L’économie numérique se distingue des autres secteurs par son caractère immatériel et internationalisé qui rend les critères d’imposition classiques inefficaces. En effet, l’OCDE attribue le pouvoir d’imposer les bénéfices à l’Etat dans lequel l’entreprise a son siège plutôt qu’à celui dans lequel elle exerce son activité. Il est alors facile pour les entreprises de transférer leurs bénéfices vers des paradis fiscaux en y établissant leur siège tout en exerçant leurs activités vers un territoire sur lequel elles ne seront pas imposable.
Un rapport du 18 janvier 2013 [1] propose de faire évoluer la notion « d’établissement stable » pour permettre l’imposition des entreprises de l’économie numérique y compris par les Etats ou l’entreprise n’est pas physiquement établie. Considérant le rôle essentiel de l’exploitation des données personnelles dans l’économie numérique, le rapport suggère d’établir une taxe sur la collecte et l’exploitation de ces données par les entreprises. Cette imposition permettrait de taxer indifféremment les entreprises établies en France ou à l’étranger dès lors qu’elles exploitent les données personnelles des utilisateurs français.
La proposition vise en particulier les entreprises qui pratiquent un suivi régulier et systématique de l’activité de leurs utilisateurs. Elle est justifiée comme une contribution normale des entreprises aux dépenses publiques du fait même que les données personnelles qu’elles exploitent sont le fruit d’un travail gratuit dont elles bénéficient grâce aux dépenses publiques qui assurent aux utilisateurs l’accès au réseau.
L’imposition des entreprises de l’économie numérique est un sujet récurrent et diverses propositions, comme la « Taxe Google » ont déjà été avancées sans aboutir. Aujourd’hui, il est proposé un critère d’imposition qui vise à permettre à la fois d’établir un contrôle sur l’exploitation des données personnelles tout en préservant l’innovation par le biais d’une nouvelle fiscalité recherche & développement qui serait favorable à l’émergence d’entreprises nouvelles.

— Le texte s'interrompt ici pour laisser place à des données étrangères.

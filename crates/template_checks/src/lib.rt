//! The checks of placing: the first fault of a template's rows, and to which collections go their statements, blocks and branches.
//!
//! `first_fault` gives exactly the fault that placing by levels finds first (`fault`), and where there is none the level of what each
//! row puts between items (`levels`). `stop_at` makes a fault that was found into the stop of its caller.
#![tactic(auto)]

mod ahead;
mod blocks;
mod faults;
mod first;
mod statements;
mod walk;
mod wrong;

pub use first::{Checked, first_fault};
pub use wrong::{Wrong, stop_at};
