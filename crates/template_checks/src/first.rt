// The first fault of rows.
ghost use Rattle.std.specs.Prelude.{◌≡◌, [], IfOk, None};
ghost use Rattle.template_events.specs.View.{rows_of};
ghost use Rattle.template_pass.specs.Levels.{fault_by_levels};
ghost use Rattle.template_checks.specs.Held.{wrong_of};
ghost use Rattle.template_checks.specs.Walk.{mark_levels};

use crate::ahead::{Ahead, look_ahead};
use crate::walk::{Walked, return_fault, walk};
use crate::wrong::{Wrong, earlier, first_of};
use sqlite_items::Items;
use std::alloc::Global;
use template_events::Row;
use ytt_base::text::Memory;

/// The first fault of rows, and where there is none the level of what each row puts between items.
#[derive(Drop)]
pub struct Checked {
    pub wrong: Option<Wrong>,
    pub levels: Items<usize>,
}

/// Looks for the first fault of rows.
pub fn first_fault(alloc: Global, file: u32, rows: &[Row]) -> Result<Checked, Memory>
    ensures fault { IfOk result (λ c. wrong_of c.wrong ≡ fault_by_levels file (rows_of file rows.now)) }
    ensures levels { IfOk result (λ c. wrong_of c.wrong ≡ None → c.levels ≡ mark_levels [] 0 (rows_of file rows.now)) }
{
    let Ahead {
        nexts,
        wrong: noted,
    } = look_ahead(alloc, file, rows)?;
    let Walked {
        flags,
        returned,
        stop,
        levels,
        left,
    } = walk(alloc, file, rows, nexts)?;
    let returning = return_fault(&flags, returned.as_slice());
    let wrong = first_of(earlier(stop, earlier(returning, noted)), left);
    Ok(Checked { wrong, levels })
}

L’idée est originale et mérite d’être creusée. Encore faut-il que la taxe soit juste !
La taxe sur les données personnelles est d’abord envisagée au niveau national, mais son efficacité est également dépendante d’un consensus international et plus particulièrement par les membres de l’OCDE. La France devait aborder cette proposition à l’occasion du dernier G20 mais les suites de ce projet et les réactions des Etats membres sont encore attendues.

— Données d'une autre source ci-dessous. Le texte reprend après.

// Statements between items.
ghost use Rattle.std.specs.Prelude.{◌≡◌, ℕ, [], ◌∷◌, ◌++◌, OnOk, Some};
ghost use Rattle.star_tree.specs.Whole.{instruction_of, instructions_of};
ghost use Rattle.template_pass.specs.Levels as levels;
ghost use Rattle.template_pass.specs.Levels.{Open};
ghost use Rattle.template_checks.specs.Held.{open_in, opens_of, returned_of, wrong_of};
ghost use Rattle.template_checks.specs.Walk.{instruction_fault};

use crate::blocks::{Block, Blocks};
use crate::wrong::{Wrong, unless};
use sqlite_items::Items;
use star_tree::code::Stmt;
use ytt_base::fault::{FaultKind, Place};
use ytt_base::text::Memory;

/// A `return`, and the `def` around it, which is known by the number of rows before it.
#[derive(Clone, Copy)]
pub struct Return {
    pub within: usize,
    pub place: Place,
}

/// Whether a block belongs to this level.
fn is_level_of(level: usize, block: Option<Block>) -> bool
    ensures { result ≡ levels.is_level_of level (open_in block) }
{
    match block {
        None => false,
        Some(block) => block.level == level,
    }
}

/// What is wrong with a statement of this level within these blocks.
fn statement_fault(file: u32, blocks: &Blocks, level: usize, stmt: &Stmt) -> Option<Wrong>
    ensures { wrong_of result ≡ instruction_fault (opens_of blocks.now) level (instruction_of file stmt.now) }
{
    match stmt {
        Stmt::Return(line, _) => unless(
            is_level_of(level, blocks.innermost_def()),
            FaultKind::CodeForm,
            file,
            *line,
        ),
        Stmt::Break(line) | Stmt::Continue(line) => unless(
            is_level_of(level, blocks.innermost_loop()),
            FaultKind::CodeForm,
            file,
            *line,
        ),
        Stmt::Load(line, _, _) => unless(blocks.has_none(), FaultKind::CodeForm, file, *line),
        Stmt::Expr(_, _)
        | Stmt::Assign(_, _, _)
        | Stmt::Augment(_, _, _, _, _)
        | Stmt::Pass(_)
        | Stmt::If(_, _)
        | Stmt::Elif(_, _)
        | Stmt::Else(_)
        | Stmt::For(_, _, _)
        | Stmt::Def(_, _, _, _, _)
        | Stmt::Node(_)
        | Stmt::Close(_) => None,
    }
}

/// What is wrong first with statements of this level within these blocks.
#[tactic(auto, using(crate::proofs::Returning::statements_split))]
pub fn statements_fault(file: u32, blocks: &Blocks, level: usize, stmts: &[Stmt]) -> Option<Wrong>
    ensures { wrong_of result ≡ levels.statements_fault (opens_of blocks.now) level (instructions_of file stmts.now) }
{
    for stmt in stmts {
        if let Some(wrong) = statement_fault(file, blocks, level, stmt) {
            return Some(wrong);
        }
    }
    None
}

/// Puts a statement that is a `return` of this `def` behind the others.
fn put_return(
    file: u32,
    within: usize,
    stmt: &Stmt,
    returned: &mut Items<Return>,
) -> Result<(), Memory>
    ensures { (b : Open) → b.before ≡ within → OnOk result (returned_of returned.new ≡ returned_of returned.old ++ levels.returned_in (Some b) (instruction_of file stmt.now ∷ [])) }
{
    if let Stmt::Return(line, _) = stmt {
        returned.push(Return {
            within,
            place: Place { file, line: *line },
        })?;
    }
    Ok(())
}

/// Puts the `return`s among statements, within the innermost `def` if there is one, behind the others.
#[tactic(auto, using(crate::proofs::Returning::returning))]
pub fn put_returns(
    file: u32,
    within: Option<Block>,
    stmts: &[Stmt],
    returned: &mut Items<Return>,
) -> Result<(), Memory>
    ensures { OnOk result (returned_of returned.new ≡ returned_of returned.old ++ levels.returned_in (open_in within) (instructions_of file stmts.now)) }
{
    if let Some(block) = within {
        for stmt in stmts {
            put_return(file, block.before, stmt, returned)?;
        }
    }
    Ok(())
}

[1] « Mission d’expertise sur la fiscalité de l’économie numérique », Pierre Collin et Nicolas Colin, Rapport au Ministre de l’économie et des finances, au Ministre du redressement productif, au Ministre délégué chargé du budget et à la Ministre déléguée chargée des petites et moyennes entreprises, de l’innovation et de l’économie numérique. P1.